O silêncio escava no nosso profundo um espaço para ali fazer habitar a alteridade, para fazer ressoar a palavra e, ao mesmo tempo, nos dispõe à escuta inteligente, ao falar comedido, ao discernimento daquilo que arde no coração do outro e que está escondido no silêncio do qual nascem as suas palavras. O silêncio, então, esse silêncio, suscita em nós a caridade, o amor pelo irmão.

"O silencioso torna-se fonte de graça para quem ouve", afirmara São Basílio. Para o cristão, a referência à escuta obediente da Palavra de Deus, à acolhida do Verbo feito carne é evidente e extremamente eloquente.

Não por acaso é esse silêncio que chega a nós a partir de uma longa história espiritual: é o silêncio buscado e praticado pelos hesicastos para obter a unificação do coração, o silêncio da tradição monástica voltado à acolhida em si da palavra de Deus, o silêncio da oração de adoração da presença de Deus. Mas também é o silêncio caro aos místicos de todas as tradições religiosas e, antes ainda, é o silêncio do qual a linguagem poética está embebida, o silêncio que constitui a própria matéria da música, o silêncio essencial a todo ato comunicativo.

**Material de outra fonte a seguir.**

ghost use Rattle.std.specs.Prelude.{◌≡◌, ◌+◌, ◌<◌, ◌^◌, ℕ, true, cond, eqb, length, not, IfOk, IsTrue};
ghost use Rattle.enc_marks.specs.Encoded as encoding;
ghost use Rattle.enc_marks.specs.declared.choices.Marking.TheVariants.{ByType, BySort};
ghost use Rattle.enc_marks.specs.Encoded.{all_numbers, is_guard, own_marks};
ghost use Rattle.enc_laws.specs.Lifted.{type_mark, mark_of_sort, sort_at};
ghost use Rattle.tf_core.specs.Sorts.{sorts};
ghost use Rattle.enc_models.specs.Calls.Lifting.{parts_of, occurs_in, mark_count, mark_number, members_in, marked_in, mark_in, elements_of, table_in, lift_in, picks_in, gives_below, AreGiven, AreGivenIn, AreNoted, ArePlaces, IsMarked};

use enc_base::{List, NoMemory};
use enc_marks::{Binding, Choices, Elements, Mark, Marking};
use fof_models::Structure;
use std::alloc::Global;
use tf_core::Normal;

/// An untyped structure, whose tables are found by what their symbols stand for: all symbols,
/// then all constructors, then the guard or tag, or those of sorts.
#[derive(Drop)]
pub(crate) struct Marked<'a, C> {
    pub choices: &'a C,
    pub normal: &'a Normal,
    pub model: &'a Structure,
    /// The number of the table of each of them, if it has one.
    pub places: &'a [Option<u32>],
    /// Of each symbol, which of its type arguments are kept.
    pub kept: &'a [List<bool>],
    /// Of each sort, whether it is free. Nothing where one guard or tag is that of all types.
    pub free: &'a [bool],
}

/// Where the tables stand of symbols, of constructors, and of the guard or tag, or of those of sorts:
/// so many.
pub(crate) fn places_of_marks<C: Choices>(
    alloc: Global,
    choices: &C,
    normal: &Normal,
    own: usize,
    marks: &[Mark],
) -> Result<List<Option<u32>>, NoMemory>
    requires own { own ≡ length (own_marks normal.now (C.choices choices.now).binding
        (C.choices choices.now).marking) }
    requires few { mark_count (C.choices choices.now) normal.now < 2 ^ 32 }
    requires marks { marks.now ≡ (encoding.encoded (C.choices choices.now) normal.now).marks }
    ensures { IfOk result (λ places. ArePlaces (occurs_in (C.choices choices.now) normal.now)
        (mark_count (C.choices choices.now) normal.now) places) }
{
    let symbols = normal.signature.symbols.as_slice().len();
    let constructors = normal.signature.constructors.as_slice().len();
    let mut places = List::new(alloc);
    let mut at = 0usize;
    for number in 0..symbols + constructors + own {
        if at < marks.len() && number_of(&marks[at], symbols, constructors) == number {
            places.push(Some(at as u32))?;
            at += 1;
        } else {
            places.push(None)?;
        }
    }
    Ok(places)
}

// the number of what a mark stands for, among so many symbols and constructors
fn number_of(mark: &Mark, symbols: usize, constructors: usize) -> usize
    requires { symbols + constructors < 2 ^ 32 }
    ensures { result ≡ mark_number symbols constructors mark.now }
{
    match mark {
        Mark::Symbol(f) => *f as usize,
        Mark::Constructor(c) => symbols + *c as usize,
        Mark::Guard | Mark::Tag => symbols + constructors,
        Mark::SortGuard(s) | Mark::SortTag(s) => symbols + constructors + *s as usize,
    }
}

// notes a number, if it is one of the list's
fn note(given: &mut [bool], number: u32)
    ensures { AreNoted (λ v. eqb v number) given.old given.new }
{
    if (number as usize) < given.len() {
        given[number as usize] = true;
    }
}

impl<C: Choices> Marked<'_, C> {
    /// The table of one of them, or nothing where it doesn't occur.
    pub fn table(&self, number: usize) -> &[u32]
        requires ready { IsMarked (parts_of C.choices self.now) }
        requires number { number < mark_count (C.choices self.now.choices.now) self.now.normal.now }
        ensures { result.now ≡ table_in (parts_of C.choices self.now) number }
    {
        match self.places[number] {
            Some(at) => self.model.tables.as_slice()[at as usize].as_slice(),
            None => &[],
        }
    }

    /// Which numbers the tag gives in a member, where these are its elements. Else nothing is
    /// looked at, and the list is empty.
    pub fn given(&self, alloc: Global, member: u32) -> Result<Vec<bool>, NoMemory>
        requires ready { IsMarked (parts_of C.choices self.now) }
        requires member { member < members_in (parts_of C.choices self.now) }
        ensures { IfOk result (λ given.
            AreGivenIn (parts_of C.choices self.now) member given.items) }
    {
        match self.elements(member) {
            Elements::Image => self.image(alloc, member),
            _ => Ok(Vec::new(alloc)),
        }
    }

    // for each number of the domain, whether the tag gives it in a member
    fn image(&self, alloc: Global, member: u32) -> Result<Vec<bool>, NoMemory>
        requires ready { IsMarked (parts_of C.choices self.now) }
        requires member { member < members_in (parts_of C.choices self.now) }
        ensures { IfOk result (λ given. AreGiven (mark_in (parts_of C.choices self.now) member)
            self.now.model.now.size given.items) }
    {
        let mut given = vec![in alloc; false; self.model.size as usize]?;
        self.note_marks(member, &mut given);
        Ok(given)
    }

    // notes the numbers that the tag gives in a member
    fn note_marks(&self, member: u32, given: &mut [bool])
        requires ready { IsMarked (parts_of C.choices self.now) }
        requires member { member < members_in (parts_of C.choices self.now) }
        ensures { AreNoted (gives_below (mark_in (parts_of C.choices self.now) member)
            self.now.model.now.size) given.old given.new }
    {
        for number in 0..self.model.size {
            note(given, self.mark(member, number));
        }
    }

    /// Whether a number is an element of a member in which the tag gives these.
    pub fn picks(&self, member: u32, number: u32, given: &[bool]) -> bool
        requires ready { IsMarked (parts_of C.choices self.now) }
        requires member { member < members_in (parts_of C.choices self.now) }
        requires number { number < self.now.model.now.size }
        requires given { AreGivenIn (parts_of C.choices self.now) member given.now }
        ensures { result ≡ picks_in (parts_of C.choices self.now) member number }
    {
        let mark = self.mark(member, number);
        match self.elements(member) {
            Elements::Guarded => mark == 1,
            Elements::Image => given[number as usize],
            Elements::Fixed => mark == number,
            Elements::All => true,
        }
    }

    /// Whether it is plain that all numbers are elements of a member: that of a free sort, or one
    /// whose tag doesn't occur.
    pub fn picks_all(&self, member: u32) -> bool
        requires ready { IsMarked (parts_of C.choices self.now) }
        requires member { member < members_in (parts_of C.choices self.now) }
        ensures { IsTrue result → (number : ℕ) → number < self.now.model.now.size →
            picks_in (parts_of C.choices self.now) member number ≡ true }
    {
        match self.elements(member) {
            Elements::Guarded => false,
            Elements::Image => self.changes_nothing(member),
            Elements::Fixed => self.changes_nothing(member),
            Elements::All => true,
        }
    }

    // whether a member has a tag that doesn't occur
    fn changes_nothing(&self, member: u32) -> bool
        requires ready { IsMarked (parts_of C.choices self.now) }
        requires member { member < members_in (parts_of C.choices self.now) }
        ensures { IsTrue result → (number : ℕ) → number < self.now.model.now.size →
            mark_in (parts_of C.choices self.now) member number ≡ number }
    {
        let table = match self.choices.marking() {
            Marking::ByType => self.table(self.unmarked()),
            Marking::BySort => self.table(self.unmarked() + member as usize),
        };
        match self.choices.binding() {
            Binding::ByGuard => false,
            Binding::ByTag => table.len() == 0,
        }
    }

    /// What a number is read as in a member.
    pub fn read_in(&self, member: u32, number: u32) -> u32
        requires ready { IsMarked (parts_of C.choices self.now) }
        requires member { member < members_in (parts_of C.choices self.now) }
        requires number { number < self.now.model.now.size }
        ensures exact { result ≡ (lift_in (parts_of C.choices self.now)).into member number }
        ensures within { result < self.now.model.now.size }
    {
        match self.elements(member) {
            Elements::Guarded => number,
            Elements::Image => self.mark(member, number),
            Elements::Fixed => number,
            Elements::All => number,
        }
    }

    // which numbers are a member's elements: all those of a free sort
    fn elements(&self, member: u32) -> Elements
        requires ready { IsMarked (parts_of C.choices self.now) }
        requires member { member < members_in (parts_of C.choices self.now) }
        ensures { result ≡ elements_of (parts_of C.choices self.now) member }
    {
        match self.choices.marking() {
            Marking::ByType => self.choices.elements(),
            Marking::BySort => {
                if self.free[member as usize] {
                    return Elements::All;
                }
                self.choices.elements()
            }
        }
    }

    // what the guard or tag of a member gives for a number
    fn mark(&self, member: u32, number: u32) -> u32
        requires ready { IsMarked (parts_of C.choices self.now) }
        requires member { member < members_in (parts_of C.choices self.now) }
        requires number { number < self.now.model.now.size }
        ensures { result ≡ mark_in (parts_of C.choices self.now) member number }
    {
        match self.choices.marking() {
            Marking::ByType => self.type_mark(member, number),
            Marking::BySort => self.sort_mark(member, number),
        }
    }

    // what the guard or tag of all types gives for a member and a number
    fn type_mark(&self, member: u32, number: u32) -> u32
        requires ready { IsMarked (parts_of C.choices self.now) }
        requires by_type { (C.choices self.now.choices.now).marking ≡ ByType }
        requires member { member < self.now.model.now.size }
        requires number { number < self.now.model.now.size }
        ensures { result ≡ type_mark (all_numbers self.now.normal.now)
            (marked_in (parts_of C.choices self.now)) member number }
    {
        let table = self.table(self.unmarked());
        if table.len() == 0 {
            return self.absent_mark(number);
        }
        let at = member as usize * self.model.size as usize + number as usize;
        table[at]
    }

    // what the guard or tag of a sort gives for a number
    fn sort_mark(&self, sort: u32, number: u32) -> u32
        requires ready { IsMarked (parts_of C.choices self.now) }
        requires by_sort { (C.choices self.now.choices.now).marking ≡ BySort }
        requires sort { sort < length (sorts self.now.normal.now) }
        requires number { number < self.now.model.now.size }
        ensures { result ≡ mark_of_sort (all_numbers self.now.normal.now)
            (marked_in (parts_of C.choices self.now)) (sort_at self.now.normal.now sort) number }
    {
        let table = self.table(self.unmarked() + sort as usize);
        if table.len() == 0 {
            return self.absent_mark(number);
        }
        table[number as usize]
    }

    // how many symbols and constructors there are: the guards and tags come behind them
    fn unmarked(&self) -> usize
        requires ready { IsMarked (parts_of C.choices self.now) }
        ensures { result ≡ length self.now.normal.now.signature.symbols
            + length self.now.normal.now.signature.constructors }
    {
        let signature = &self.normal.signature;
        signature.symbols.as_slice().len() + signature.constructors.as_slice().len()
    }

    // what it gives for a number where it doesn't occur: a tag changes nothing
    fn absent_mark(&self, number: u32) -> u32
        ensures { result ≡ cond (not (is_guard (C.choices self.now.choices.now).binding)) number 0 }
    {
        match self.choices.binding() {
            Binding::ByGuard => 0,
            Binding::ByTag => number,
        }
    }
}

O silêncio, evento de profundidade e de unificação, torna o corpo eloquente, levando-nos a habitar o nosso corpo, a alimentar a nossa vida interior, guiando-nos para aquele habitare secum tão precioso para a tradição monástica como para a filosófica. O corpo habitado pelo silêncio torna-se revelação da pessoa inteira.

Tentemos, então, encontrar no ritmo da nossa vida um tempo para ouvir o silêncio: conseguiremos captar os esforços realizados para criá-lo e cuidá-lo, discernir os sons imperceptíveis da presença de outras criaturas ao nosso lado, compreender o não dito que habita a grande quantidade de palavras, ter inteligência do que acontece – ou seja, literalmente, a "ler dentro" dos eventos – e, finalmente, também ouvir melhor a nós mesmos e aos outros quando eles falam ao nosso coração e à nossa mente, e não só aos nossos ouvidos.